GERAL / REPASSES ATRASADOS

MP recomenda que Estado assuma contrato do Hospital de Câncer

A Notificação Recomendatória foi expedida nesta quinta-feira (8).

Assessoria

Hospital aponta um dívida superior a R$ 16 milhões, sendo que R$ 12 milhões estão judicializados.

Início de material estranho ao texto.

//! Which expressions are single bits, whatever the values of nets are.

ghost use Rattle.std.specs.Prelude.{◌≡◌, true};
ghost use Rattle.net_core.specs.declared.tree.Net.{Net};
ghost use Rattle.net_core.specs.declared.tree.Word.{Word};
ghost use Rattle.net_core.specs.View.{tree_of};
ghost use Rattle.net_core.specs.Value.{Env, value, apply};
ghost use Rattle.net_optimize.specs.Flags.{IsFlag};

use net_core::tree::{Expr, Net, Op, UnaryOp};

// Whether an operator gives a single bit.
fn compares(op: Op) -> bool
    ensures { result ≡ true → (a b : Word) → IsFlag (apply op a b) }
{
    match op {
        Op::Equal | Op::NotEqual | Op::Less | Op::LessEqual | Op::Greater | Op::GreaterEqual =>
            true,
        _ => false,
    }
}

// Whether an operator gives a single bit of two of these.
fn joins_bits(op: Op) -> bool
    ensures { result ≡ true → (a b : Word) → IsFlag a → IsFlag b → IsFlag (apply op a b) }
{
    match op {
        Op::And | Op::Or | Op::Xor => true,
        _ => false,
    }
}

/// Whether an expression is a single bit: a comparison, a bit of a net, a reduction, or what is made of these.
#[cycle(flags)]
pub(crate) fn is_flag(e: &Expr<Net>) -> bool
    ensures { result ≡ true → (v : Env Net) → IsFlag (value v (tree_of e.now)) }
{
    match e {
        Expr::Const(word) => word.width == 1 && word.value <= 1,
        Expr::Bit(..) => true,
        Expr::Unary(op, a) => match op {
            UnaryOp::ReduceOr => true,
            UnaryOp::Not => is_flag(a),
        },
        Expr::Binary(op, a, b) => {
            if compares(*op) {
                return true;
            }
            if !joins_bits(*op) {
                return false;
            }
            is_flag(a) && is_flag(b)
        }
        Expr::Conditional(_, a, b) => is_flag(a) && is_flag(b),
        _ => false,
    }
}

Hospital aponta um dívida superior a R$ 16 milhões, sendo que R$ 12 milhões estão judicializados.

DO REPÓRTER MT



A 7ª Promotoria de Justiça Cível de Cuiabá - Tutela Coletiva da Saúde recomendou ao secretário de Estado de Saúde, Gilberto Gomes de Figueiredo, que realize no prazo de 30 dias estudo técnico para verificar a viabilidade da estadualização do contrato da Secretaria Municipal de Saúde de Cuiabá com o Hospital de Câncer de Mato Grosso. A Notificação Recomendatória foi expedida nesta quinta-feira (8).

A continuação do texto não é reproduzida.